##### EXCERPTED DATA
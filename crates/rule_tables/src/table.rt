// The words of a rule table. A slice of words stands for the rules from its front on.
ghost use Rattle.std.specs.Prelude.{◌≡◌, ◌≤◌, ◌<◌, length, get_or};
ghost use Rattle.basics.specs.Replies.{refusal};
ghost use Rattle.basics.specs.Refusals.{place_of};
ghost use Rattle.rule_tables.specs.Bodies.{head_in, front_negated, front_plain, front_applies};
ghost use Rattle.literal_sets.specs.Marks.{marked};
ghost use Rattle.logic_programs.specs.Words.{rule_size, rule_at, rule_fits, head_fits, head_of, parts_fit, bad_rule};

use literal_sets::marks;

// A word, or 0 past the end.
pub fn word(words: &[u16], i: usize) -> usize
    ensures { (result ≡ get_or words.now i 0) × (result < 65536) }
{
    words.get(i).copied().map_or(0, usize::from)
}

// How many words the rule at the front takes. Where there are three words, one test does for both counts.
pub fn rule_size(rest: &[u16]) -> usize
    ensures { result ≡ rule_size rest.now }
{
    match rest {
        [_, negated, plain, ..] => 3 + usize::from(*negated) + usize::from(*plain),
        _ => 3 + word(rest, 1) + word(rest, 2),
    }
}

// Whether a head is false or below 2 times atoms.
fn head_fits(head: usize, atoms: usize) -> bool
    ensures { result ≡ head_fits atoms head }
{
    head == 65535 || head / 2 < atoms
}

// Whether each part is below 2 times atoms.
fn parts_fit(parts: &[u16], atoms: usize) -> bool
    ensures { result ≡ parts_fit atoms parts.now }
{
    for part in parts {
        if atoms <= usize::from(*part) / 2 {
            return false;
        }
    }
    true
}

// Whether the rule at the front is whole and has no code of 2 times atoms or more.
fn rule_fits(rest: &[u16], atoms: usize) -> bool
    ensures { result ≡ rule_fits atoms rest.now }
{
    let size = rule_size(rest);
    size <= rest.len() && head_fits(word(rest, 0), atoms) && parts_fit(&rest[3..size], atoms)
}

// The word where the first rule starts that does not fit, or that would be the 4,097th.
pub fn bad_rule(table: &[u16], atoms: usize) -> Option<usize>
    ensures { place_of result ≡ bad_rule atoms table.now }
{
    let mut rest = table;
    let mut at: usize = 0;
    let mut rules: usize = 0;
    while !rest.is_empty() {
        if 4096 <= rules || !rule_fits(rest, atoms) {
            return Some(at);
        }
        let size = rule_size(rest);
        rest = &rest[size..];
        at += size;
        rules += 1;
    }
    None
}

// A whole rule, at the front of the words from it on.
#[derive(Clone, Copy)]
pub struct Rule<'a> {
    pub words: &'a [u16],
    pub ghost whole: { rule_size words.now ≤ length words.now },
}

impl<'a> Rule<'a> {
    // Its head's word: a literal code, or 65535 for false.
    pub fn head(&self) -> usize
        ensures { (result ≡ get_or self.now.words.now 0 0) × (result < 65536) }
    {
        usize::from(self.words[0])
    }

    // Its negated parts.
    pub fn negated(&self) -> &'a [u16]
        ensures { result.now ≡ (rule_at self.now.words.now).negated }
    {
        let words = self.words;
        let end = 3 + usize::from(words[1]);
        &words[3..end]
    }

    // Its plain parts.
    pub fn plain(&self) -> &'a [u16]
        ensures { result.now ≡ (rule_at self.now.words.now).plain }
    {
        let words = self.words;
        let start = 3 + usize::from(words[1]);
        let end = start + usize::from(words[2]);
        &words[start..end]
    }
}

// The negated parts of the rule at the front; none where it runs past the end.
pub fn negated_parts(rest: &[u16]) -> &[u16]
    ensures { result.now ≡ front_negated rest.now }
{
    if rest.len() < rule_size(rest) {
        return &rest[..0];
    }
    Rule { words: rest }.negated()
}

// The plain parts of the rule at the front; none where it runs past the end.
pub fn plain_parts(rest: &[u16]) -> &[u16]
    ensures { result.now ≡ front_plain rest.now }
{
    if rest.len() < rule_size(rest) {
        return &rest[..0];
    }
    Rule { words: rest }.plain()
}

// Whether the rule at the front is whole, no negated part of it is in x and every plain part is in y.
pub fn rule_applies(rest: &[u16], x: &[u64], y: &[u64]) -> bool
    ensures { result ≡ front_applies (marked x.now) (marked y.now) rest.now }
{
    if rest.len() < rule_size(rest) {
        return false;
    }
    let rule = Rule { words: rest };
    marks::none_in(rule.negated(), x) && marks::all_in(rule.plain(), y)
}

// Whether a head is a literal of the set; false is in no set.
pub fn head_in(head: usize, x: &[u64]) -> bool
    ensures { result ≡ head_in (head_of head) (marked x.now) }
{
    head != 65535 && marks::has(x, head)
}
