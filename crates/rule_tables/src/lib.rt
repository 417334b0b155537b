// Functions on the words of a rule table, and refusals 10, 11 and 12.
#![tactic(auto)]

pub mod acceptance;
pub mod table;
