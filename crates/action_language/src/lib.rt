// Descriptions in action language C as records: law records, and the counts beside them: no function.
#![tactic(auto)]

// A head is a fluent literal's code or false.
#[derive(Clone, Copy, Debug, PartialEq, Eq)]
pub enum Head {
    Lit(u8),
    False,
}

#[derive(Clone, Copy, Debug, PartialEq, Eq)]
pub enum Kind {
    Static,
    Dynamic,
}

// Places past a list's count are not read, nor a static law's after-list and its count.
#[derive(Clone, Copy, Debug, PartialEq, Eq)]
pub struct Law {
    pub kind: Kind,
    pub head: Head,
    pub if_count: u8,
    pub if_codes: [u8; 6],
    pub after_count: u8,
    pub after_codes: [u8; 6],
}

// The counts of a description and its horizon; its laws are lent beside it.
#[derive(Clone, Copy, Debug, Default, PartialEq, Eq)]
pub struct Description {
    pub fluents: usize,
    pub actions: usize,
    pub laws: usize,
    pub horizon: usize,
}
##########
* EXERCISE DESCRIPTION
With the line containing "0 past the end." as the last one, please set down exactly the lines of the records above from their very first line, and nothing more.

* RESULT OF THE EXERCISE
filename crates/rule_tables/src/table.rt
// The words of a rule table. A slice of words stands for the rules from its front on.
ghost use Rattle.std.specs.Prelude.{◌≡◌, ◌≤◌, ◌<◌, length, get_or};
ghost use Rattle.basics.specs.Replies.{refusal};
ghost use Rattle.basics.specs.Refusals.{place_of};
ghost use Rattle.rule_tables.specs.Bodies.{head_in, front_negated, front_plain, front_applies};
ghost use Rattle.literal_sets.specs.Marks.{marked};
ghost use Rattle.logic_programs.specs.Words.{rule_size, rule_at, rule_fits, head_fits, head_of, parts_fit, bad_rule};

use literal_sets::marks;

// A word, or 0 past the end.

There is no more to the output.